I'm throwing around a few ideas. 
1) 4 strobes 2 front 2 rear in the tails and headlights. Amber. About $300
2) a mini led light bar mounted on the roof. About 150 or so. Have you guys had problems with these leaking if permanently installed onto the roof? I'm not doing magnets as the lights will get used year round for a lot of things. 
3) I was throwing the idea of mounting one of the "rod stand" lights beside the toolbox kind of in the stake pocket area beside the front of the cab next to the front toolbox. This one would be the most simple and economicaL. 
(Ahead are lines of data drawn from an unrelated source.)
//! Names that are bound at the top, and names of classes and types.
use super::answers::{found, kind_of, scopes_of};
use pp_eval::{BindFault, Scopes, plain_name, ref_of};
use pp_value::{Ref, Value};
use std::alloc::Global;
use std::test::Fail;
use test_rows::same;

/// What is answered where a name is bound to a number.
fn bound(scopes: &mut Scopes, name: &str, number: i64) -> &'static str {
    match scopes.bind(name, Value::Int(number)) {
        Ok(()) => "bound",
        Err(BindFault::Again) => "bound again",
        Err(BindFault::Memory(_)) => "no memory",
    }
}

/// Binds a name that is bound already, and one that isn't.
fn bind_two(alloc: Global, scopes: &mut Scopes) -> Result<(), Fail> {
    same(alloc, "x", bound(scopes, "x", 5), "bound again")?;
    same(alloc, "y", bound(scopes, "y", 6), "bound")
}

fn kind_of_facts(scopes: &Scopes) -> &'static str {
    match scopes.facts() {
        Some(value) => kind_of(value),
        None => "none",
    }
}

fn is_found(alloc: Global, scopes: &Scopes, name: &str, want: &str) -> Result<(), Fail> {
    let value = found(alloc, scopes, name)?;
    same(alloc, name, value.as_str(), want)
}

/// Each row: a name, and what is found of it.
fn are_found(alloc: Global, scopes: &Scopes, rows: &[(&str, &str)]) -> Result<(), Fail> {
    for (name, want) in rows {
        is_found(alloc, scopes, *name, *want)?;
    }
    Ok(())
}

/// Binds two names where `x` is a fact, and finds what they were bound to first; the facts stay a map.
fn are_bound_once(alloc: Global, scopes: &mut Scopes) -> Result<(), Fail> {
    bind_two(alloc, scopes)?;
    same(alloc, "facts", kind_of_facts(scopes), "map")?;
    are_found(
        alloc,
        scopes,
        &[
            ("x", "number 1"),
            ("::x", "number 1"),
            ("y", "number 6"),
            ("z", "none"),
            ("::a::x", "none"),
        ],
    )
}

#[test]
fn a_name_is_bound_once_in_a_scope(rt: HostRuntime) -> Result<(), Fail> {
    let mut scopes = scopes_of(rt.alloc(), "{\"x\": 1}")?;
    are_bound_once(rt.alloc(), &mut scopes)
}

fn is_plain(alloc: Global, name: &str, want: &str) -> Result<(), Fail> {
    let plain = plain_name(alloc, name)?;
    same(alloc, name, plain.as_str(), want)
}

#[test]
fn names_lose_their_root_and_their_capitals(rt: HostRuntime) -> Result<(), Fail> {
    is_plain(rt.alloc(), "::Web::Vhost", "web::vhost")
}

/// Whether a kind and a title make this reference.
fn compared(alloc: Global, reference: &Ref, kind: &str, title: &str) -> Result<&'static str, Fail> {
    if ref_of(alloc, kind, title)? == *reference {
        Ok("equal")
    } else {
        Ok("another")
    }
}

fn is_equal(alloc: Global, reference: &Ref, kind: &str, title: &str) -> Result<(), Fail> {
    same(
        alloc,
        title,
        compared(alloc, reference, kind, title)?,
        "equal",
    )
}

#[test]
fn titles_of_classes_lose_their_root(rt: HostRuntime) -> Result<(), Fail> {
    let class = ref_of(rt.alloc(), "Class", "::Web")?;
    is_equal(rt.alloc(), &class, "class", "web")
}
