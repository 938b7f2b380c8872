//! Rows of expressions: each an assignment to `$r`, and its value or refusal.
use super::answers::{are_assigned, are_assigned_under};
use std::test::Fail;

#[test]
fn members_and_orders_go_by_their_tables(rt: HostRuntime) -> Result<(), Fail> {
    are_assigned(
        rt.alloc(),
        &[
            ("$r = 'bc' in 'aBCd'", "truth true"),
            ("$r = 'bd' in 'aBCd'", "truth false"),
            ("$r = '' in ''", "truth true"),
            ("$r = '' in 'a'", "truth true"),
            ("$r = 'ab' in 'a'", "truth false"),
            ("$r = 'AAB' in 'aaaaaba'", "truth true"),
            ("$r = 'aba' in 'abbaab'", "truth false"),
            ("$r = 'K' in {'k' => undef}", "truth true"),
            ("$r = 'B' in ['a', 'b']", "truth true"),
            ("$r = [1] in [[1], 2]", "truth true"),
            ("$r = 'a' in 1", "29 at 5: operand"),
            ("$r = 1 < 2", "truth true"),
            ("$r = 'a' < 'B'", "truth true"),
            ("$r = 'a' <= 'A'", "truth true"),
            ("$r = 'b' > 'A'", "truth true"),
            ("$r = 'ab' < 'a'", "truth false"),
            ("$r = 1 < 'a'", "29 at 5: operand"),
        ],
    )
}

#[test]
fn values_are_equal_or_have_a_sum(rt: HostRuntime) -> Result<(), Fail> {
    are_assigned(
        rt.alloc(),
        &[
            ("$r = 'b' == 'B'", "truth true"),
            ("$r = [1, 'a'] == [1, 'A']", "truth true"),
            (
                "$r = {'a' => 1, 'b' => 2} == {'b' => 2, 'a' => 1}",
                "truth true",
            ),
            ("$r = {'a' => 1} == {'A' => 1}", "truth false"),
            ("$r = {'a' => 'x'} == {'a' => 'X'}", "truth true"),
            ("$r = File['/a'] == File['/A']", "truth false"),
            ("$r = 1 != '1'", "truth true"),
            ("$r = 1 + 'a'", "29 at 5: operand"),
            ("$r = (1) + 'a'", "29 at 5: operand"),
            ("$r = [1, 2] + [1, 2]", "list [1, 2, 1, 2]"),
            ("$a = [1] $b = $a + [2] $r = $a", "list [1]"),
            ("$a = [1] $b = $a + [2] $r = $a + $b", "list [1, 1, 2]"),
            (
                "$r = {'a' => 1, 'b' => true} + {'a' => 3, 'c' => undef}",
                "map {a => 3, b => true, c => }",
            ),
            ("$r = [1] + {'a' => 1}", "29 at 5: operand"),
            ("$r = 7 - 2 * 3", "number 1"),
            ("$r = -(2)", "number -2"),
            ("$r = 9223372036854775807 + 1", "33 at 5: integer"),
            (
                "$m = -9223372036854775807 - 1 $r = -1 - $m",
                "number 9223372036854775807",
            ),
            (
                "$m = -9223372036854775807 - 1 $r = -$m",
                "33 at 35: integer",
            ),
            (
                "$m = -9223372036854775807 - 1 $r = 0 - $m",
                "33 at 35: integer",
            ),
            ("$r = 4294967296 * 2147483648", "33 at 5: integer"),
        ],
    )
}

/// Operations that have no result for these operands.
#[test]
fn other_operands_are_refused(rt: HostRuntime) -> Result<(), Fail> {
    are_assigned(
        rt.alloc(),
        &[
            ("$r = 'a' - 1", "29 at 5: operand"),
            ("$r = [] * 2", "29 at 5: operand"),
            ("$r = -'a'", "29 at 5: operand"),
            ("$r = true < false", "29 at 5: operand"),
            ("$r = 1 >= undef", "29 at 5: operand"),
            ("$r = 1 in '1'", "29 at 5: operand"),
            ("$r = 1 in {'a' => 1}", "29 at 5: operand"),
            ("$r = 'a' in undef", "29 at 5: operand"),
            ("$r = $load in [1]", "29 at 5: operand"),
            ("$r = 1 in [[$load]]", "29 at 5: operand"),
            ("$r = 1 == [$load]", "29 at 5: operand"),
            ("$r = {'a' => $load} != 1", "29 at 5: operand"),
            ("$r = [1]['a']", "29 at 5: operand"),
            ("$r = (undef)[0]", "29 at 5: operand"),
            ("$r = File['/a'][0]", "29 at 5: operand"),
        ],
    )
}

#[test]
fn truths_are_asked_from_the_left(rt: HostRuntime) -> Result<(), Fail> {
    are_assigned(
        rt.alloc(),
        &[
            ("$r = false and $z", "truth false"),
            ("$r = true and $z", "20 at 14: $z"),
            ("$r = true or $z", "truth true"),
            ("$r = false or $z", "20 at 14: $z"),
            ("$r = '' and undef", "truth false"),
            ("$r = $load and true", "29 at 5: operand"),
            ("$r = true and $load", "29 at 5: operand"),
            ("$r = false or $load", "29 at 5: operand"),
            ("$r = $load == 1", "29 at 5: operand"),
            ("$r = $load + 1", "29 at 5: operand"),
            ("$r = !''", "truth false"),
            ("$r = !undef", "truth true"),
            ("$r = !$load", "29 at 5: operand"),
            ("$r = !(-(1) == -1)", "truth false"),
        ],
    )
}

#[test]
fn members_are_found(rt: HostRuntime) -> Result<(), Fail> {
    are_assigned(
        rt.alloc(),
        &[
            ("$r = $z", "20 at 5: $z"),
            ("$r = [1, 2][-1]", "number 2"),
            ("$r = [1, 2][0]", "number 1"),
            ("$r = [1][5]", "undef "),
            ("$r = [1][-2]", "undef "),
            ("$m = {'a' => 1} $r = $m['a']", "number 1"),
            ("$m = {'a' => 1} $r = $m['A']", "undef "),
            ("$m = {'a' => 1} $r = $m[0]", "29 at 21: operand"),
            ("$r = 'abc'[0]", "29 at 5: operand"),
            ("$r = $facts['os']['family']", "text Debian"),
            ("$r = $os['family']", "text Debian"),
            ("$r = $os['name']", "undef "),
            ("$r = $os['name']['x']", "29 at 5: operand"),
            ("$r = $os['name'][$z]", "20 at 17: $z"),
            ("$r = $os[$z]", "20 at 9: $z"),
            ("$r = $z[$y]", "20 at 5: $z"),
            ("$r = $facts['load']", "opaque"),
        ],
    )
}

#[test]
fn the_first_equal_option_is_chosen(rt: HostRuntime) -> Result<(), Fail> {
    are_assigned(
        rt.alloc(),
        &[
            ("$r = 'b' ? { default => 1, 'B' => 2 }", "number 2"),
            ("$r = 'c' ? { default => 1, 'B' => 2 }", "number 1"),
            ("$r = 'a' ? { 'b' => 1 }", "28 at 5: selector"),
            ("$r = 'a' ? { 'a' => 1, $z => $z }", "number 1"),
            ("$r = 'a' ? { $z => 1, default => 2 }", "20 at 13: $z"),
            (
                "$r = 'a' ? { 'b' => 1, default => 'a' ? { 'b' => 1 } }",
                "28 at 34: selector",
            ),
            ("$r = $load ? { default => 2 }", "number 2"),
            (
                "$r = $load ? { 'a' => 1, default => 2 }",
                "29 at 5: operand",
            ),
            (
                "$r = 'a' ? { $load => 1, default => 2 }",
                "29 at 5: operand",
            ),
            ("$r = 'a' ? { 'a' => 1, $load => 2 }", "number 1"),
        ],
    )
}

#[test]
fn texts_maps_and_references_are_made(rt: HostRuntime) -> Result<(), Fail> {
    are_assigned(
        rt.alloc(),
        &[
            ("$r = \"a${[1, 'b']}\"", "text a[1, b]"),
            ("$r = \"${1}${undef}${true}\"", "text 1true"),
            ("$r = \"${1}${-20}\"", "text 1-20"),
            ("$r = \"${1}${load}\"", "29 at 12: operand"),
            ("$r = \"a${load}${z}\"", "29 at 9: operand"),
            ("$r = {1 => 'a', '1' => 'b'}", "map {1 => b}"),
            (
                "$r = {'a' => 1, 'b' => 2, 'a' => 3}",
                "map {a => 3, b => 2}",
            ),
            ("$r = {true => $z}", "29 at 6: operand"),
            ("$r = {$z => true}", "20 at 6: $z"),
            ("$r = File['/A']", "reference File[/A]"),
            ("$r = Class['::Base']", "reference Class[base]"),
            ("$r = Web::Vhost['x']", "reference Web::Vhost[x]"),
            ("$r = File[['/a', '/b']]", "list [File[/a], File[/b]]"),
            ("$r = File['/a', ['/b']]", "list [File[/a], File[/b]]"),
            ("$r = File[[]]", "list []"),
            ("$r = File[1]", "29 at 10: operand"),
            ("$r = File[['/a', 1], $z]", "29 at 10: operand"),
            ("$x = 1 $x = 2", "21 at 7: $x"),
        ],
    )
}

#[test]
fn facts_are_values(rt: HostRuntime) -> Result<(), Fail> {
    are_assigned_under(
        rt.alloc(),
        &[
            ("{\"x\": 1}", "$r = $::x", "number 1"),
            (
                "{\"b\": [1, true, null], \"a\": {\"c\": \"x\"}}",
                "$r = $facts",
                "map {a => {c => x}, b => [1, true, ]}",
            ),
            ("{\"facts\": 3}", "$r = $facts", "map {facts => 3}"),
            ("{\"a-b\": 2}", "$r = $facts['a-b']", "number 2"),
            ("{\"n\": 9223372036854775808}", "$r = $n", "opaque"),
            (
                "{\"n\": -9223372036854775808}",
                "$r = $n",
                "number -9223372036854775808",
            ),
            ("{\"n\": 1.0}", "$r = $n", "opaque"),
            ("{\"A\": 1}", "$r = $facts['A']", "number 1"),
        ],
    )
}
The 4th option that I liked is putting an LED amber bar that suction cups to the back window and plugs into the cigarette lighter. I can't find something like that around though. Can someone post a link or a site and name or model that I can check out? 

I don't do commercial plowing, only for our lots that we own but would like to be seen by the heavy equipment running around with me. 

Thoughts ideas and inputs?


----------



## JoeG3 (Oct 21, 2014)

I personally have tried multiple different brand lights and if I could start over I would go with all Feniex lights. They are super bright for a very small package and very easy to install. I installed a pair of the Apollo F6 light heads to the headgear of my plow, here is a link to the video I made over the winter

__
https://flic.kr/p/rbPSFM

With the setup you have I would mount an Apollo F6 to the back of the two side boxes (they come in many color combos, with 2 modes so the Amber/white could be an amber warning on mode 1 and mode 2 could be work lights/extra back up lighting) and I would get one of their dash lights for the front. If you prefer you could do HAW's in the headlights but be prepared for the flashback off the plow blade.

2 F6's and one of their dash light would run about $200 from Coastal http://coastalevs.com when you use the plowsite coupon code "plowsiteten2015"


----------



## MXZ1983 (Mar 8, 2015)

Went a different route. Ordered A headache rack and mounting a Fed Sig highlighter on the top! Should be good to go


----------



## beneb (Oct 28, 2014)

JoeG3;2002703 said:


> I personally have tried multiple different brand lights and if I could start over I would go with all Feniex lights. They are super bright for a very small package and very easy to install. I installed a pair of the Apollo F6 light heads to the headgear of my plow, here is a link to the video I made over the winter
> 
> __
> https://flic.kr/p/rbPSFM
> ...


Joe, 
how did you wire in those lights on your plow? Do you have an extra connection going into your truck or did you tie into the plow harness some how? I like that setup a lot and they look super bright. Do you run them on steady burn much? I have some cannons I'll be putting in one of these days but am tossing around some ideas for other lights as well


----------



## JoeG3 (Oct 21, 2014)

I have them wired directly to the battery through a wireless switch box I found on amazon. I have run them a few times on steady, but usually I run the strobe mode. I love the 180 optics on the Apollos, I was playing with them during a break and I turned everything off except those and I was very impressed at how far back to the side of the truck you could see them.


----------